- Malah Location in Syria
- Coordinates: 32°30′22″N 36°51′07″E﻿ / ﻿32.50611°N 36.85194°E
- PAL: 324/213
- Country: Syria
- Governorate: Suwayda
- District: Salkhad
- Subdistrict: Malah

Population (2004)
- • Total: 4,363
- Time zone: UTC+2 (EET)
- • Summer (DST): +3

= Malah, Suwayda =

Malah (ملح) is a town is situated in the Salkhad District of Suwayda Governorate, in southern Syria. The town is the administrative center of the Malah Nahiya.
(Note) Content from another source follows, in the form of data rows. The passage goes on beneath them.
//! What is noted of a realm as the journal is done again.
ghost use Rattle.std.specs.Prelude.{◌≡◌, ◌<◌, ◌+◌, ◌^◌, ◌∷◌, ◌++◌, [], IfOk, Some, None};
ghost use Rattle.std.specs.Option.{option_and_then};
ghost use Rattle.base.specs.NumberMap.{get, insert};
ghost use Rattle.kernel_model.specs.Kernel.{PendingCall};
ghost use Rattle.realm_model.specs.Reading as realm;
ghost use Rattle.realm_notes.specs.Arriving.{event_as};
ghost use Rattle.realm_notes.specs.Noted.{AreNoted, HasFinishedAs, HasNumbersLeft, IsLeft, has_entered, with_away, with_input, with_resumed, with_room, with_seen, with_told};
ghost use Rattle.realm_notes.specs.Realms.{realm_of};

use crate::arriving::{NewEvent, Resumed, event_in};
use crate::calls::ArrivingCall;
use crate::leaving::{reply_of, wake_of};
use crate::log::BoxedEntry;
use crate::numbering::Numbering;
use crate::realm::Realm;
use crate::sessions::keep;
use base::NoMemory;
use boxed::Boxed;
use frame_pool::Pages;
use group_model::{GroupEvent, GroupReply};
use own_model::{BackInput, OwnReply};
use realm_model::RealmEvent;
use rpc_cont::Cont;
use std::alloc::Global;
use std::collections::BTreeMap;
use std::mem;
use uuid::Uuid;

/// The most processors that a core may have.
const MOST_CPUS: usize = 8;

/// What is noted of a realm.
#[derive(Drop)]
pub(crate) struct Notes {
    pub(crate) realm: Realm,
    /// The UUID of its application, once an open has come in.
    uuid: Option<Uuid>,
    /// The realm's numbers of the sessions that its opens got, by the kernel's.
    sessions: BTreeMap<u32, u32>,
    /// The number of the next one.
    next_session: u32,
    numbering: Numbering,
    /// By its number, whether a processor is inside whose new call, of the one session's client, found no slot while the
    /// session was there.
    turned_away: [bool; MOST_CPUS],
    log: Vec<BoxedEntry>,
}

impl Notes {
    /// Nothing is noted of this realm.
    pub(crate) fn new(alloc: Global, of: Realm) -> Notes
        ensures noted { AreNoted result realm.no_notes }
        ensures realm { result.realm ≡ of }
    {
        Notes {
            realm: of,
            uuid: None,
            sessions: BTreeMap::new(alloc),
            next_session: 0,
            numbering: Numbering::new(),
            turned_away: [false; MOST_CPUS],
            log: Vec::new(alloc),
        }
    }

    /// The UUID of the realm's application, once an open has come in.
    pub(crate) fn uuid(&self) -> Option<Uuid>
        ensures { (notes : realm.Notes) → AreNoted self.now notes → result ≡ notes.uuid }
    {
        self.uuid
    }

    /// The realm itself.
    pub(crate) fn into_realm(self) -> Realm
        ensures { result ≡ self.realm }
    {
        let Notes { realm, .. } = self;
        realm
    }

    /// Takes what was listed so far.
    pub(crate) fn take_list(&mut self, alloc: Global) -> Vec<BoxedEntry>
        ensures log { result.items ≡ self.old.log.items }
        ensures taken { self.new.log.items ≡ [] }
        ensures stays { self.new ≡ record self.old { log = self.new.log } }
    {
        mem::replace(&mut self.log, Vec::new(alloc))
    }

    /// The number of the call in this slot, if it is one of the realm.
    pub(crate) fn number_in(&self, slot: u8) -> Option<u32>
        ensures { (notes : realm.Notes) → AreNoted self.now notes → result ≡ get notes.numbering.in_slots slot }
    {
        self.numbering.in_slot(u32::from(slot))
    }

    /// The realm's number of a session of the kernel's, where it is a member's.
    fn number_of(&self, session: u32) -> Option<u32>
        ensures { (notes : realm.Notes) → AreNoted self.now notes → result ≡ realm.number_of (realm_of self.now.realm) notes session }
    {
        self.realm.number_in(&self.sessions, session)
    }

    /// The realm's number of the kernel's session that a call has opened, if it has opened one.
    pub(crate) fn opened_as(&self, session: Option<u32>) -> Option<u32>
        ensures { (notes : realm.Notes) → AreNoted self.now notes
            → result ≡ option_and_then (realm.number_of (realm_of self.now.realm) notes) session }
    {
        match session {
            Some(session) => self.number_of(session),
            None => None,
        }
    }

    /// The event that a new call, whose argument names this session of the kernel's, may be for the realm.
    pub(crate) fn event_of(&self, session: u32, call: ArrivingCall) -> Option<GroupEvent>
        ensures { (notes : realm.Notes) → AreNoted self.now notes
            → result ≡ event_as (realm_of self.now.realm) notes session call }
    {
        match call {
            ArrivingCall::Opens(call) => {
                if self.realm.takes_open(&call) {
                    Some(GroupEvent::Open {
                        input: call.input,
                        login: call.login,
                        limited: call.limited,
                        area: call.area,
                    })
                } else {
                    None
                }
            }
            ArrivingCall::InSession(call) => match self.number_of(session) {
                Some(number) => Some(event_in(call, number)),
                None => None,
            },
        }
    }

    /// Lists an event of the realm, with its reply, if it has one.
    fn list(
        &mut self,
        event: Boxed<RealmEvent>,
        reply: Option<Boxed<GroupReply>>,
    ) -> Result<(), NoMemory>
        ensures log { IfOk result (λ _. self.new.log.items ≡ self.old.log.items ++ (event, reply) ∷ []) }
        ensures stays { self.new ≡ record self.old { log = self.new.log } }
    {
        self.log.push((event, reply))?;
        Ok(())
    }

    /// The kernel's session of this number gets the realm's next one.
    fn add_session(&mut self, session: u32) -> Result<(), NoMemory>
        requires { self.old.next_session + 1 < 2 ^ 32 }
        ensures sessions { IfOk result (λ _. self.new.sessions.entries
            ≡ insert self.old.sessions.entries session self.old.next_session) }
        ensures next { IfOk result (λ _. self.new.next_session ≡ self.old.next_session + 1) }
        ensures stays { self.new ≡ record self.old { sessions = self.new.sessions; next_session = self.new.next_session } }
    {
        keep(&mut self.sessions, session, self.next_session)?;
        self.next_session += 1;
        Ok(())
    }

    /// A call of the realm, in the kernel's session of this number, comes into a slot.
    pub(crate) fn enter(&mut self, slot: u8, session: u32, came: NewEvent) -> Result<(), NoMemory>
        requires slot { slot < 16 }
        requires few { HasNumbersLeft self.old }
        ensures noted { (notes : realm.Notes) → AreNoted self.old notes
            → IfOk result (λ _. AreNoted self.new (has_entered notes slot session came)) }
        ensures realm { self.new.realm ≡ self.old.realm }
    {
        let NewEvent { event, opens, gets } = came;
        self.list(event, None)?;
        self.uuid = opens.or(self.uuid);
        if gets {
            self.add_session(session)?;
        }
        self.numbering.next_in(slot);
        Ok(())
    }

    /// Lists an event of the realm's machine.
    fn list_event(&mut self, alloc: Global, came: GroupEvent) -> Result<(), NoMemory>
        ensures noted { (notes : realm.Notes) → AreNoted self.old notes
            → IfOk result (λ _. AreNoted self.new (realm.with_event notes came)) }
        ensures realm { self.new.realm ≡ self.old.realm }
    {
        let event = Boxed::new(alloc, RealmEvent::Comes(came))?;
        self.list(event, None)
    }

    /// The realm's call of this number sees that it was cancelled, if it does.
    fn list_seen(&mut self, alloc: Global, number: u32, seen: Option<u128>) -> Result<(), NoMemory>
        ensures noted { (notes : realm.Notes) → AreNoted self.old notes
            → IfOk result (λ _. AreNoted self.new (with_seen notes number seen)) }
        ensures realm { self.new.realm ≡ self.old.realm }
    {
        match seen {
            Some(steps) => self.list_event(
                alloc,
                GroupEvent::Seen {
                    call: number,
                    steps,
                },
            ),
            None => Ok(()),
        }
    }

    /// The realm's call of this number finds its instance gone, if it does, and pages for a new one or not.
    fn list_room(&mut self, alloc: Global, number: u32, room: Option<bool>) -> Result<(), NoMemory>
        ensures noted { (notes : realm.Notes) → AreNoted self.old notes
            → IfOk result (λ _. AreNoted self.new (with_room notes number room)) }
        ensures realm { self.new.realm ≡ self.old.realm }
    {
        match room {
            Some(enough) => self.list_event(
                alloc,
                GroupEvent::Room {
                    call: number,
                    enough,
                },
            ),
            None => Ok(()),
        }
    }

    /// The realm's call of this number is given this, if it is given something.
    fn list_input(
        &mut self,
        alloc: Global,
        number: u32,
        input: Option<BackInput>,
    ) -> Result<(), NoMemory>
        ensures noted { (notes : realm.Notes) → AreNoted self.old notes
            → IfOk result (λ _. AreNoted self.new (with_input notes number input)) }
        ensures realm { self.new.realm ≡ self.old.realm }
    {
        match input {
            Some(input) => self.list_event(
                alloc,
                GroupEvent::Back {
                    call: number,
                    input,
                },
            ),
            None => Ok(()),
        }
    }

    /// The realm's call of this number comes back.
    pub(crate) fn resume(
        &mut self,
        alloc: Global,
        number: u32,
        came: Resumed,
    ) -> Result<(), NoMemory>
        ensures noted { (notes : realm.Notes) → AreNoted self.old notes
            → IfOk result (λ _. AreNoted self.new (with_resumed notes number came)) }
        ensures realm { self.new.realm ≡ self.old.realm }
    {
        self.list_seen(alloc, number, came.back.seen)?;
        self.list_room(alloc, number, came.room)?;
        self.list_input(alloc, number, came.back.input)
    }

    /// A processor comes in with a call of the one session's client, and is turned away.
    pub(crate) fn turn_away(&mut self, cpu: u8)
        requires { cpu < 8 }
        ensures noted { (notes : realm.Notes) → AreNoted self.old notes → AreNoted self.new (with_away notes cpu) }
        ensures realm { self.new.realm ≡ self.old.realm }
    {
        self.turned_away[usize::from(cpu)] = true;
    }

    /// A processor whose answer was fixed goes out.
    pub(crate) fn leave_answered(&mut self, alloc: Global, cpu: u8) -> Result<(), NoMemory>
        requires { cpu < 8 }
        ensures noted { (notes : realm.Notes) → AreNoted self.old notes
            → IfOk result (λ _. AreNoted self.new (realm.limit_noted notes cpu)) }
        ensures realm { self.new.realm ≡ self.old.realm }
    {
        if self.turned_away[usize::from(cpu)] {
            self.turned_away[usize::from(cpu)] = false;
            let told = GroupReply {
                reply: OwnReply::Limited,
                opened: None,
            };
            let event = Boxed::new(alloc, RealmEvent::TurnedAway)?;
            let reply = Boxed::new(alloc, told)?;
            self.list(event, Some(reply))?;
        }
        Ok(())
    }

    /// The realm's call of this number goes out with this reply, if something is told of it.
    fn tell(&mut self, alloc: Global, number: u32, told: Option<OwnReply>) -> Result<(), NoMemory>
        ensures log { IfOk result (λ _. self.new.log.items ≡ with_told self.old.log.items number told) }
        ensures stays { self.new ≡ record self.old { log = self.new.log } }
    {
        if let Some(reply) = told {
            let told = GroupReply {
                reply,
                opened: None,
            };
            let out = GroupEvent::Out { call: number };
            let event = Boxed::new(alloc, RealmEvent::Comes(out))?;
            let reply = Boxed::new(alloc, told)?;
            self.list(event, Some(reply))?;
        }
        Ok(())
    }

    /// The realm's call of this number goes out of its slot, in which it was left so.
    pub(crate) fn suspend(
        &mut self,
        alloc: Global,
        slot: u8,
        number: u32,
        cont: &Cont<Pages>,
    ) -> Result<(), NoMemory>
        requires { slot < 16 }
        ensures noted { (notes : realm.Notes) (call : PendingCall) → AreNoted self.old notes → IsLeft slot call cont.now
            → IfOk result (λ _. AreNoted self.new (realm.exit_noted (realm_of self.old.realm) notes slot call number)) }
        ensures realm { self.new.realm ≡ self.old.realm }
    {
        let wake = wake_of(cont);
        let woken = self.numbering.wake_kept(slot, wake);
        let told = reply_of(alloc, cont, woken)?;
        self.tell(alloc, number, told)?;
        self.numbering.with_wake(slot, woken);
        Ok(())
    }

    /// The realm's call of this number goes out of its slot ended, with this reply.
    pub(crate) fn finish(
        &mut self,
        alloc: Global,
        slot: u8,
        number: u32,
        ended: Boxed<GroupReply>,
    ) -> Result<(), NoMemory>
        requires { slot < 16 }
        ensures noted { (notes : realm.Notes) (call : PendingCall) → AreNoted self.old notes
            → HasFinishedAs (realm_of self.old.realm) notes slot call ended
            → IfOk result (λ _. AreNoted self.new (realm.exit_noted (realm_of self.old.realm) notes slot call number)) }
        ensures realm { self.new.realm ≡ self.old.realm }
    {
        let out = GroupEvent::Out { call: number };
        let event = Boxed::new(alloc, RealmEvent::Comes(out))?;
        self.list(event, Some(ended))?;
        self.numbering.forget(slot);
        Ok(())
    }
}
According to the Syria Central Bureau of Statistics (CBS), Malah had a population of 4,363 in the 2004 census. Its inhabitants are predominantly Druze, with a Christian minority.

== History ==
In 1596, it appeared in the Ottoman tax registers as Malah, as part of the nahiya (subdistrict) of Bani Malik as-Sadir, in the Hauran Sanjak. It had an entirely Muslim population consisting of 23 households and 10 bachelors. They paid a fixed tax-rate of 40% on agricultural products, including wheat (3750 a.), barley (2700 a.), summer crops (600 a.) goats and beehives (150 a.), in addition to "occasional revenues" (120 a.) and a water mill (300 a.); the taxes totalled 7,050 akçe. 7/24 of the revenue went to a waqf.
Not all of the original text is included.